— What to work on —
Below are records; how many of their lines contain "FifthLot"? Reply with the number and no other words.
•••••
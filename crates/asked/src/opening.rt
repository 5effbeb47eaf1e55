// `open UNIT STATEWIDE product T C P .. bidder E .. row PCT DEC ..`
ghost use Rattle.std.specs.Prelude.{◌≡◌, ◌<◌};
ghost use Rattle.rules.specs.Count.{list_of};
ghost use Rattle.asked.specs.Asked.{bidder_asked, product_at, row_at, settings_asked};

use crate::numbers::{One, ends, one_number, take_numbers, too_large, two_bytes};
use check::same;
use rules::{BasisPoints, Price, Product, Row, Settings, Tranches, Unit};
use std::array;
use text::{ANSWER, Cursor, Take, take_number, word, wrong};

// The settings, and 0 where they were given; otherwise the length of the error that is in the answer.
#[derive(Clone, Copy)]
pub struct Opening {
    pub said: usize,
    pub settings: Settings,
}

// ---- From numbers to settings

// How much was typed, and of which unit.
#[derive(Clone, Copy)]
pub struct Sizes {
    pub unit: Unit,
    pub statewide: u32,
    pub products: u8,
    pub bidders: u8,
    pub rows: u8,
}

fn bidders_of(numbers: [u32; 40]) -> [Tranches; 32]
    ensures { result ≡ list_of (bidder_asked numbers) 32 }
{
    array::from_fn(|i| Tranches(two_bytes(numbers[i])))
}

fn products_of(priced: u8, numbers: [u32; 40]) -> [Product; 8]
    ensures { result ≡ list_of (product_at priced numbers) 8 }
{
    array::from_fn(|i| {
        let k = i * 3;
        Product {
            target: Tranches(two_bytes(numbers[k])),
            cap: Tranches(two_bytes(numbers[k + 1])),
            start: Price::of(priced, numbers[k + 2]),
        }
    })
}

fn rows_of(numbers: [u32; 40]) -> [Row; 8]
    ensures { result ≡ list_of (row_at numbers) 8 }
{
    array::from_fn(|i| {
        let k = i * 2;
        Row {
            percent: two_bytes(numbers[k]),
            decrement: BasisPoints(two_bytes(numbers[k + 1])),
        }
    })
}

// Three numbers a product: target, cap, starting price; one a bidder: eligibility; two a row: percentage, decrement. Those that were
// not given are 0, as the arrays were made.
fn settings_of(sizes: Sizes, products: [u32; 40], bidders: [u32; 40], rows: [u32; 40]) -> Settings
    ensures { result ≡ settings_asked sizes products bidders rows }
{
    let unit = sizes.unit;
    let priced = unit.number();
    let product = products_of(priced, products);
    let eligibility = bidders_of(bidders);
    let row = rows_of(rows);
    let statewide = Tranches(two_bytes(sizes.statewide));
    Settings {
        unit,
        products: sizes.products,
        bidders: sizes.bidders,
        rows: sizes.rows,
        statewide,
        product,
        eligibility,
        row,
    }
}

// ---- From text to numbers

// Whether a byte begins a word that was meant as a number.
fn numeral(b: u8) -> bool {
    matches!(b, b'0'..=b'9' | b'.' | b',' | b'-' | b'+' | b'$')
}

// Whether the next word is no number, though meant as one.
fn meant(line: &[u8], c: Cursor) -> bool {
    let w = word(line, c);
    let a = w.from;
    let e = w.to;
    if a == e {
        return false;
    }
    match take_number(line, c) {
        Take::NotANumber(_) => numeral(line[a]),
        _ => false,
    }
}

// `what` is wrong with the next word, unless that was meant as a number: the length of the error.
fn refused(line: &[u8], c: Cursor, what: &[u8], out: &mut [u8; ANSWER]) -> usize {
    let at = word(line, c).from;
    if meant(line, c) {
        return wrong(out, b"not a number here", at);
    }
    wrong(out, what, at)
}

// A key word and groups of `each` numbers after it, one at least and `most` numbers at most; the key word may stand before further
// groups too. `instead` is said where another word stands, `missing` where a group is not whole. How many groups stand there, and the
// place after them; or the length of the error.
fn listed(
    line: &[u8],
    c: Cursor,
    key: &[u8],
    instead: &[u8],
    each: u8,
    most: u8,
    missing: &[u8],
    numbers: &mut [u32; 40],
    out: &mut [u8; ANSWER],
) -> Result<(u8, Cursor), usize>
    requires { 0 < each }
{
    let mut at = c;
    let mut n = 0u8;
    while n < most {
        let w = word(line, at);
        let a = w.from;
        let e = w.to;
        if !same(&line[a..e], key) {
            break;
        }
        match take_numbers(line, Cursor { at: e }, n, most as usize, numbers) {
            Ok((k, next)) => {
                if n < k && k % each == 0 {
                    n = k;
                    at = next;
                    continue;
                }
                return Err(refused(line, next, missing, out));
            }
            Err(p) => return Err(too_large(p, out)),
        }
    }
    if n == 0 {
        return Err(refused(line, at, instead, out));
    }
    Ok((n / each, at))
}

fn products(
    line: &[u8],
    c: Cursor,
    numbers: &mut [u32; 40],
    out: &mut [u8; ANSWER],
) -> Result<(u8, Cursor), usize> {
    let instead = b"the word product belongs here";
    let missing = b"a product has a target, a cap and a starting price; a number is missing";
    listed(line, c, b"product", instead, 3, 24, missing, numbers, out)
}

fn bidders(
    line: &[u8],
    c: Cursor,
    numbers: &mut [u32; 40],
    out: &mut [u8; ANSWER],
) -> Result<(u8, Cursor), usize> {
    let instead = b"the word bidder belongs here, after 1 to 8 products";
    let missing = b"a bidder has an initial eligibility; a number is missing";
    listed(line, c, b"bidder", instead, 1, 32, missing, numbers, out)
}

fn rows(
    line: &[u8],
    c: Cursor,
    numbers: &mut [u32; 40],
    out: &mut [u8; ANSWER],
) -> Result<(u8, Cursor), usize> {
    let instead = b"the word row belongs here, after 1 to 32 bidders";
    let missing = b"a row has a percentage and a decrement; a number is missing";
    listed(line, c, b"row", instead, 2, 16, missing, numbers, out)
}

// What `open` is given where something is wrong.
fn nothing(said: usize) -> Opening {
    let sizes = Sizes {
        unit: Unit::Kwh,
        statewide: 0,
        products: 0,
        bidders: 0,
        rows: 0,
    };
    let zero = [0u32; 40];
    let settings = settings_of(sizes, zero, zero, zero);
    Opening { said, settings }
}

// The groups, after the unit and the statewide cap; or the length of the error.
fn after_cap(
    line: &[u8],
    c: Cursor,
    unit: Unit,
    statewide: u32,
    out: &mut [u8; ANSWER],
) -> Result<Settings, usize> {
    let mut p = [0u32; 40];
    let mut b = [0u32; 40];
    let mut r = [0u32; 40];
    let (products, next) = products(line, c, &mut p, out)?;
    let (bidders, next) = bidders(line, next, &mut b, out)?;
    let (rows, next) = rows(line, next, &mut r, out)?;
    let said = ends(line, next, out);
    if said != 0 {
        return Err(said);
    }
    let sizes = Sizes {
        unit,
        statewide,
        products,
        bidders,
        rows,
    };
    Ok(settings_of(sizes, p, b, r))
}

fn after_unit(
    line: &[u8],
    c: Cursor,
    unit: Unit,
    out: &mut [u8; ANSWER],
) -> Result<Settings, usize> {
    match one_number(line, c, out) {
        One::Number(statewide, next) => after_cap(line, next, unit, statewide, out),
        One::Said(said) => Err(said),
    }
}

fn after_word(line: &[u8], c: Cursor, out: &mut [u8; ANSWER]) -> Result<Settings, usize> {
    let w = word(line, c);
    let unit = &line[w.from..w.to];
    let next = Cursor { at: w.to };
    if same(unit, b"kwh") {
        return after_unit(line, next, Unit::Kwh, out);
    }
    if same(unit, b"mwday") {
        return after_unit(line, next, Unit::MwDay, out);
    }
    Err(wrong(out, b"the unit is kwh or mwday", w.from))
}

// The settings of `open`, after its word.
pub fn settings(line: &[u8], c: Cursor, out: &mut [u8; ANSWER]) -> Opening {
    match after_word(line, c, out) {
        Ok(settings) => Opening { said: 0, settings },
        Err(said) => nothing(said),
    }
}
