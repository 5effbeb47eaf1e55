// The draw order, the overrides and the order of the products: 14, 19 and 23.
use crate::{last_of, of_phase, put_outside};
use layout::STATE;
use rules::BasisPoints;
use table::{is_drawn, is_known, times_drawn};
use text::{ANSWER, put};
use view::put_form;

// A part of the remark, of which the first begins it: one of those that an order is of, by its form, `bidder &` or `product %`, and what
// is said of it.
fn put_part(
    out: &mut [u8; ANSWER],
    at: usize,
    begun: bool,
    form: &[u8],
    n: u64,
    said: &[u8],
) -> usize {
    let a = put(out, at, if begun { b", " } else { b": " });
    let b = put_form(out, a, form, &[n]);
    put(out, b, said)
}

// The first entry that is none of them.
fn put_unknown(
    out: &mut [u8; ANSWER],
    at: usize,
    order: &[u8],
    count: usize,
    form: &[u8],
) -> usize {
    match order.iter().find(|x| !is_known(**x, count)) {
        Some(x) => put_part(out, at, false, form, *x as u64, b" is unknown"),
        None => at,
    }
}

// The first that stands more than once.
fn put_twice(
    out: &mut [u8; ANSWER],
    at: usize,
    order: &[u8],
    count: usize,
    form: &[u8],
    begun: bool,
) -> usize {
    match (0..count.min(32)).find(|b| 1 < times_drawn(order, *b)) {
        Some(b) => {
            let a = put_part(out, at, begun, form, b as u64, b" stands ");
            put_form(out, a, b"# times", &[times_drawn(order, b) as u64])
        }
        None => at,
    }
}

// The first that is missing.
fn put_missing(
    out: &mut [u8; ANSWER],
    at: usize,
    order: &[u8],
    count: usize,
    form: &[u8],
    begun: bool,
) -> usize {
    match (0..count.min(32)).find(|b| !is_drawn(order, order.len(), *b)) {
        Some(b) => put_part(out, at, begun, form, b as u64, b" is missing"),
        None => at,
    }
}

// What is wrong with an order of so many; the last form says which they are.
fn put_order(
    out: &mut [u8; ANSWER],
    at: usize,
    order: &[u8],
    count: usize,
    form: &[u8],
    all: &[u8],
) -> usize {
    let a = put_unknown(out, at, order, count, form);
    let b = put_twice(out, a, order, count, form, a != at);
    let c = put_missing(out, b, order, count, form, b != at);
    if c == at {
        return at;
    }
    put_form(out, c, all, &[last_of(count)])
}

fn put_draw(out: &mut [u8; ANSWER], at: usize, draw: &[u8], bidders: usize) -> usize {
    put_order(
        out,
        at,
        draw,
        bidders,
        b"bidder &",
        b"; the bidders are 0 to #",
    )
}

fn put_products(out: &mut [u8; ANSWER], at: usize, order: &[u8], products: usize) -> usize {
    put_order(
        out,
        at,
        order,
        products,
        b"product %",
        b"; the products are 0 to #",
    )
}

fn put_override(
    out: &mut [u8; ANSWER],
    at: usize,
    p: usize,
    given: Option<BasisPoints>,
) -> Option<usize> {
    match given {
        None => None,
        Some(by) => put_outside(
            out,
            at,
            b": product %, # basis points",
            &[p as u64, by.0 as u64],
            by.0 as u32,
            rules::override_limits(),
        ),
    }
}

// The first that is outside its limits.
fn put_overrides(
    out: &mut [u8; ANSWER],
    at: usize,
    overrides: [Option<BasisPoints>; 8],
) -> Option<usize> {
    (0..8).find_map(|p| put_override(out, at, p, overrides[p]))
}

pub fn of_round(
    out: &mut [u8; ANSWER],
    at: usize,
    n: u8,
    s: &[u8; STATE],
    draw: &[u8],
    overrides: [Option<BasisPoints>; 8],
    order: &[u8],
) -> usize {
    match n {
        14 => put_draw(out, at, draw, book::bidders(s)),
        19 => put_overrides(out, at, overrides).unwrap_or(at),
        23 => put_products(out, at, order, book::products(s)),
        _ => of_phase(out, at, n, s),
    }
}
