// The text of lots: COUNT@PRICE, one to four of them joined by commas without spaces, or - for none.
ghost use Rattle.std.specs.Prelude.{◌≡◌, ◌-◌, ◌≤◌, length};
ghost use Rattle.asked.specs.Lots.{place_of, is_dash, number_in, lot_in, lots_in, lots_from};
ghost use Rattle.rules.specs.Lots.{no_lots};

use crate::numbers::two_bytes;
use rules::{Lot, Lots, Tranches};
use text::{Read, read_number};

// What is wrong with a bid that is typed.
#[derive(Clone, Copy)]
pub enum Fault {
    // The line ends within a product's words.
    Short,
    NotANumber,
    Large,
    // Neither a number nor lots.
    NoLots,
    // Nothing stands before a comma or after it.
    NoLot,
    // A count or a price is missing.
    NoNumber,
    SecondAt,
    FifthLot,
}

// What is wrong, and where.
#[derive(Clone, Copy)]
pub struct Wrong(pub Fault, pub usize);

// The first place of a byte from one place to another, or the other place.
fn place_of(s: &[u8], b: u8, at: usize, e: usize) -> usize
    requires { (at ≤ e) × (e ≤ length s.now) }
    ensures { (result ≡ place_of s.now b at (e - at)) × ((at ≤ result) × (result ≤ e)) }
{
    for i in at..e {
        if s[i] == b {
            return i;
        }
    }
    e
}

// A count or a price, from one place to another.
fn number_in(s: &[u8], a: usize, e: usize) -> Result<u32, Wrong>
    requires { (a ≤ e) × (e ≤ length s.now) }
    ensures { result ≡ number_in s.now a e }
{
    if a == e {
        return Err(Wrong(Fault::NoNumber, a));
    }
    match read_number(&s[a..e]) {
        Read::Value(n) => Ok(n),
        Read::Large => Err(Wrong(Fault::Large, a)),
        Read::Other => Err(Wrong(Fault::NotANumber, a)),
    }
}

// COUNT@PRICE, from one place to another.
fn lot_in(s: &[u8], a: usize, e: usize) -> Result<Lot, Wrong>
    requires { (a ≤ e) × (e ≤ length s.now) }
    ensures { result ≡ lot_in s.now a e }
{
    if a == e {
        return Err(Wrong(Fault::NoLot, a));
    }
    let k = place_of(s, b'@', a, e);
    if k == e {
        return Err(Wrong(Fault::NoLots, a));
    }
    let second = place_of(s, b'@', k + 1, e);
    if second < e {
        return Err(Wrong(Fault::SecondAt, second));
    }
    let n = number_in(s, a, k)?;
    let exit = number_in(s, k + 1, e)?;
    Ok(Lot {
        count: Tranches(two_bytes(n)),
        exit,
    })
}

// One to four, joined by commas.
fn joined_in(s: &[u8], a: usize, e: usize) -> Result<Lots, Wrong>
    requires { (a ≤ e) × (e ≤ length s.now) }
    ensures { result ≡ lots_from s.now a e 0 4 no_lots }
{
    let mut lots = Lots::none();
    let mut at = a;
    for i in 0..4 {
        let stop = place_of(s, b',', at, e);
        lots = lots.put(i, lot_in(s, at, stop)?);
        if e <= stop {
            return Ok(lots);
        }
        at = stop + 1;
    }
    Err(Wrong(Fault::FifthLot, at))
}

fn is_dash(s: &[u8], a: usize, e: usize) -> bool
    requires { (a ≤ e) × (e ≤ length s.now) }
    ensures { result ≡ is_dash s.now a e }
{
    e - a == 1 && s[a] == b'-'
}

// The whole text, from one place to another.
pub fn lots_in(s: &[u8], a: usize, e: usize) -> Result<Lots, Wrong>
    requires { (a ≤ e) × (e ≤ length s.now) }
    ensures { result ≡ lots_in s.now a e }
{
    if is_dash(s, a, e) {
        return Ok(Lots::none());
    }
    joined_in(s, a, e)
}
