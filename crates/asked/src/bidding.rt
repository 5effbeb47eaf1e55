// The words of a bid, and a card's bytes.
ghost use Rattle.std.specs.Prelude.{◌≡◌, ◌≤◌};
ghost use Rattle.asked.specs.Groups.{number_at, first_lot, exit_after, lots_at, leaving_at, group_at, most_of, groups_at};

use crate::lots::{Fault, Wrong, lots_in};
use crate::numbers::{Numbers, ends, one_byte, too_large, two_bytes, unless};
use rules::{Line, Lot, Lots, Tranches};
use text::{ANSWER, Cursor, Hex, Take, take_hex, take_number, word, wrong, wrong_number};

// ---- The words of one product

// A number, and the place after it.
fn number_at(line: &[u8], c: Cursor) -> Result<(u32, Cursor), Wrong>
    ensures { result ≡ number_at line.now c }
{
    match take_number(line, c) {
        Take::Number(n, next) => Ok((n, next)),
        Take::TooLarge(p) => Err(Wrong(Fault::Large, p)),
        Take::NotANumber(p) => Err(Wrong(Fault::NotANumber, p)),
        Take::End => Err(Wrong(Fault::Short, line.len())),
    }
}

fn first_lot(n: u32, exit: u32) -> Lots
    ensures { result ≡ first_lot n exit }
{
    Lots {
        one: Lot {
            count: Tranches(two_bytes(n)),
            exit,
        },
        two: Lot::none(),
        three: Lot::none(),
        four: Lot::none(),
    }
}

// The exit price of one lot of n.
fn exit_after(line: &[u8], c: Cursor, n: u32) -> Result<(Lots, Cursor), Wrong>
    ensures { result ≡ exit_after line.now c n }
{
    let (exit, next) = number_at(line, c)?;
    Ok((first_lot(n, exit), next))
}

fn lots_at(line: &[u8], c: Cursor) -> Result<(Lots, Cursor), Wrong>
    ensures { result ≡ lots_at line.now c }
{
    let w = word(line, c);
    let l = lots_in(line, w.from, w.to)?;
    Ok((l, Cursor { at: w.to }))
}

// What is withdrawn, and the place after it. LOTS, or W X: a number where lots belong is the count of one lot, and its exit price stands
// after it.
fn leaving_at(line: &[u8], c: Cursor) -> Result<(Lots, Cursor), Wrong>
    ensures { result ≡ leaving_at line.now c }
{
    match take_number(line, c) {
        Take::Number(n, next) => exit_after(line, next, n),
        Take::TooLarge(p) => Err(Wrong(Fault::Large, p)),
        Take::NotANumber(_) => lots_at(line, c),
        Take::End => Err(Wrong(Fault::Short, line.len())),
    }
}

// A product's line, and the place after its words. T LOTS P, or T W X P: tranches, what is withdrawn, priority.
fn group_at(line: &[u8], c: Cursor) -> Result<(Line, Cursor), Wrong>
    ensures { result ≡ group_at line.now c }
{
    let (t, second) = number_at(line, c)?;
    let (withdrawn, third) = leaving_at(line, second)?;
    let (k, next) = number_at(line, third)?;
    let l = Line {
        tranches: Tranches(two_bytes(t)),
        withdrawn,
        priority: one_byte(k),
    };
    Ok((l, next))
}

// ---- The words of all products

fn put_fault(f: Fault, at: usize, out: &mut [u8; ANSWER]) -> usize {
    match f {
        Fault::Short => wrong(
            out,
            b"a product has tranches, lots and priority; one is missing",
            at,
        ),
        Fault::NotANumber => wrong(out, b"not a number", at),
        Fault::Large => too_large(at, out),
        Fault::NoLots => wrong(out, b"lots are COUNT@PRICE joined by commas, or -", at),
        Fault::NoLot => wrong(out, b"a lot is missing", at),
        Fault::NoNumber => wrong(
            out,
            b"a lot has a count and a price; a number is missing",
            at,
        ),
        Fault::SecondAt => wrong(out, b"a lot has one @", at),
        Fault::FifthLot => wrong(out, b"a product has at most four lots", at),
    }
}

// How many products a bid has and the line of each, with the place after the words of the last; `said` is 0, or the length of the error
// that is in the answer.
#[derive(Clone, Copy)]
pub struct Bid {
    pub said: usize,
    pub count: usize,
    pub next: Cursor,
    pub lines: [Line; 8],
}

fn most_of(most: usize) -> usize
    ensures { (result ≡ most_of most) × (result ≤ 8) }
{
    most.min(8)
}

// The words of `most` products at most. Lines that were not given are empty, as the array was made.
fn take_groups(line: &[u8], c: Cursor, most: usize, out: &mut [u8; ANSWER]) -> Bid
    ensures { (result.count ≡ (groups_at line.now c most).count) × (result.lines ≡ (groups_at line.now c most).lines) }
{
    let mut lines = [Line::none(); 8];
    let top = most_of(most);
    let mut at = c;
    for n in 0..top {
        let w = word(line, at);
        if w.from == w.to {
            return Bid {
                said: 0,
                count: n,
                next: at,
                lines,
            };
        }
        match group_at(line, at) {
            Ok((l, next)) => {
                lines[n] = l;
                at = next;
            }
            Err(Wrong(f, p)) => {
                return Bid {
                    said: put_fault(f, p, out),
                    count: n,
                    next: at,
                    lines,
                };
            }
        }
    }
    Bid {
        said: 0,
        count: top,
        next: at,
        lines,
    }
}

// The words of products up to the end of a line, 8 products at most.
pub fn groups(line: &[u8], c: Cursor, out: &mut [u8; ANSWER]) -> Bid
    ensures { (result.count ≡ (groups_at line.now c 8).count) × (result.lines ≡ (groups_at line.now c 8).lines) }
{
    let mut g = take_groups(line, c, 8, out);
    if g.said == 0 {
        g.said = ends(line, g.next, out);
    }
    g
}

// The words are those of more or fewer products than the auction has: at the first that is too many, or where one is missing.
pub fn other_groups(line: &[u8], c: Cursor, products: usize, out: &mut [u8; ANSWER]) -> usize {
    let g = take_groups(line, c, products, out);
    let at = word(line, g.next).from;
    wrong_number(
        out,
        b"a bid in this auction has tranches, lots and priority for each of ",
        products as u64,
        b" products",
        at,
    )
}

// A card up to the end of a line: how many bytes it has.
pub fn card(line: &[u8], c: Cursor, bytes: &mut [u8; 1024], out: &mut [u8; ANSWER]) -> Numbers {
    let said = match take_hex(line, c, bytes) {
        Hex::Bytes(n, next) => return unless(ends(line, next, out), n),
        Hex::Uneven(p) => wrong(out, b"an odd number of hexadecimal digits", p),
        Hex::Long(p) => wrong(out, b"a card of more than 1024 bytes", p),
        Hex::Strange(p) => wrong(out, b"not a hexadecimal digit", p),
        Hex::End => wrong(out, b"a card in hexadecimal digits is missing", line.len()),
    };
    Numbers::Said(said)
}
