// What is typed after a command's word: plain numbers, a card's bytes, settings, bid lines, overrides, a cutback. What is wrong is put into the lent
// answer, with its column, and the length of that is handed back.
#![tactic(auto)]

mod bidding;
mod cutting;
mod lots;
mod numbers;
mod opening;
mod overriding;

pub use bidding::{Bid, card, groups, other_groups};
pub use cutting::{Revised, other_pairs, pairs, revised_of};
pub use numbers::{Numbers, One, draw_of, ends, one_byte, one_number, two_bytes};
pub use opening::{Opening, settings};
pub use overriding::{Drawn, draw};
•••••
— Task output —
3